From 92ca34a02fb8dba60608e10fbadf6741cac7da51 Mon Sep 17 00:00:00 2001
From: Manoj <saimanoj58@gmail.com>
Date: Thu, 2 Oct 2025 08:48:56 +0530
Subject: [PATCH] Fix: episode normalization with high complexity model (#80)

---
 .../app/services/graphModels/episode.ts       |  5 +-
 .../app/services/graphModels/statement.ts     |  9 ++--
 .../app/services/knowledgeGraph.server.ts     | 16 ++++--
 apps/webapp/app/services/prompts/normalize.ts | 51 +++++++------------
 .../app/trigger/ingest/ingest-document.ts     |  2 +-
 5 files changed, 35 insertions(+), 48 deletions(-)

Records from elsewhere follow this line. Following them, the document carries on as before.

//! What a client does in a round: a WRITE of eight blocks, and a READ of the same.
ghost use Rattle.std.specs.Prelude.{◌≡◌, ◌<◌, ◌^◌, IfOk};
ghost use Rattle.uas_work.specs.Rounds.{half_at, round_command, round_fill, round_op, ticket_command};

use scsi_cmd::{Buffer, Command, Op};
use std::alloc::{AllocError, Global};
use tag_desk::Prepared;
use uas_profile::BLOCK_BYTES;

/// Blocks of each command of a client's round.
const ROUND_BLOCKS: u16 = 8;

/// Rounds until a client is back at its first blocks.
const ROUNDS_AROUND: u32 = 8;

/// What a client submits in a round.
#[derive(Clone, Copy)]
enum Half {
    Write,
    Read,
}

/// What a client asks for with a ticket, with what the log is to keep of it.
pub(crate) fn prepared_command(
    alloc: Global,
    client: u8,
    ticket: u64,
) -> Result<Prepared, AllocError>
    requires { ticket < 2 ^ 33 }
    ensures { IfOk result (λ command. command ≡ ticket_command client ticket) }
{
    Prepared::new(alloc, ticket_command(alloc, client, ticket)?)
}

/// What a client asks for with a ticket.
fn ticket_command(alloc: Global, client: u8, ticket: u64) -> Result<Command, AllocError>
    requires { ticket < 2 ^ 33 }
    ensures { IfOk result (λ command. command ≡ ticket_command client ticket) }
{
    command(alloc, client, (ticket / 2) as u32, half_at(ticket))
}

fn half_at(ticket: u64) -> Half
    ensures { result ≡ half_at ticket }
{
    if ticket % 2 == 0 {
        Half::Write
    } else {
        Half::Read
    }
}

/// What a client asks for in a half of a round.
fn command(alloc: Global, client: u8, round: u32, half: Half) -> Result<Command, AllocError>
    ensures { IfOk result (λ command. command ≡ round_command client round half) }
{
    let bytes = BLOCK_BYTES * usize::from(ROUND_BLOCKS);
    let filled = vec![in alloc; fill(client, round, half); bytes]?;
    Ok(Command {
        op: op(round, half),
        buffer: Buffer::from_vec(filled),
    })
}

fn op(round: u32, half: Half) -> Op
    ensures { result ≡ round_op round half }
{
    let lba = u32::from(ROUND_BLOCKS) * (round % ROUNDS_AROUND);
    let count = ROUND_BLOCKS;
    let fua = false;
    match half {
        Half::Write => Op::Write { lba, count, fua },
        Half::Read => Op::Read { lba, count, fua },
    }
}

/// What the buffer is filled with at first: the bytes that are written, or zeros for those that are read.
fn fill(client: u8, round: u32, half: Half) -> u8
    ensures { result ≡ round_fill client round half }
{
    match half {
        Half::Write => ((16 * u64::from(client) + u64::from(round)) % 256) as u8,
        Half::Read => 0,
    }
}
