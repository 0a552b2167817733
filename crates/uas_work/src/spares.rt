//! Bytes that clients prepared for the copies of replies that a log keeps.
ghost use Rattle.std.specs.Prelude.{◌≡◌, ℕ, ◌<◌, List, IfOk, IfSome, length, slice_index_or, vec_len};

use scsi_cmd::Buffer;
use std::alloc::{AllocError, Global};
use uas_profile::STREAMS;

/// Bytes for replies that are to come, of no more commands than there are tags.
#[derive(Debug, Drop)]
pub(crate) struct Spares {
    buffers: Vec<Buffer>,
}

impl Spares {
    /// None yet; all room is taken here.
    pub(crate) fn new(alloc: Global) -> Result<Spares, AllocError> {
        let buffers = Vec::with_capacity(alloc, usize::from(STREAMS))?;
        Ok(Spares { buffers })
    }

    /// Keeps bytes, where there are some and there is room.
    pub(crate) fn put(&mut self, bytes: Vec<u8>) {
        if !bytes.is_empty() && self.buffers.len() < self.buffers.capacity() {
            self.buffers.push_reserved(Buffer::from_vec(bytes));
        }
    }

    /// So many bytes: some that were kept, else new ones.
    pub(crate) fn take(&mut self, alloc: Global, len: usize) -> Result<Vec<u8>, AllocError>
        ensures { IfOk result (λ bytes. vec_len bytes ≡ len) }
    {
        if len == 0 {
            return Ok(Vec::new(alloc));
        }
        match self.place_of(len) {
            Some(place) => Ok(self.buffers.swap_remove(place).into_vec()),
            None => vec![in alloc; 0; len],
        }
    }

    /// Where so many bytes are kept.
    fn place_of(&self, len: usize) -> Option<usize>
        ensures within { IfSome result (λ place. place < vec_len self.now.buffers) }
        ensures found { IfSome result (λ place. (d : List ℕ) → length (slice_index_or self.now.buffers.items place d) ≡ len) }
    {
        for place in 0..self.buffers.len() {
            if self.buffers[place].len() == len {
                return Some(place);
            }
        }
        None
    }
}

diff --git a/apps/webapp/app/services/graphModels/episode.ts b/apps/webapp/app/services/graphModels/episode.ts
index 30c5de2..d569645 100644
--- a/apps/webapp/app/services/graphModels/episode.ts
+++ b/apps/webapp/app/services/graphModels/episode.ts
@@ -1,5 +1,5 @@
 import { runQuery } from "~/lib/neo4j.server";
-import { type EntityNode, type EpisodicNode } from "@core/types";
+import { StatementNode, type EntityNode, type EpisodicNode } from "@core/types";
 
 export async function saveEpisode(episode: EpisodicNode): Promise<string> {
   const query = `
@@ -308,7 +308,7 @@ export async function getRelatedEpisodesEntities(params: {
 export async function getEpisodeStatements(params: {
   episodeUuid: string;
   userId: string;
-}) {
+}): Promise<Omit<StatementNode, "factEmbedding">[]> {
   const query = `
   MATCH (episode:Episode {uuid: $episodeUuid, userId: $userId})-[:HAS_PROVENANCE]->(stmt:Statement)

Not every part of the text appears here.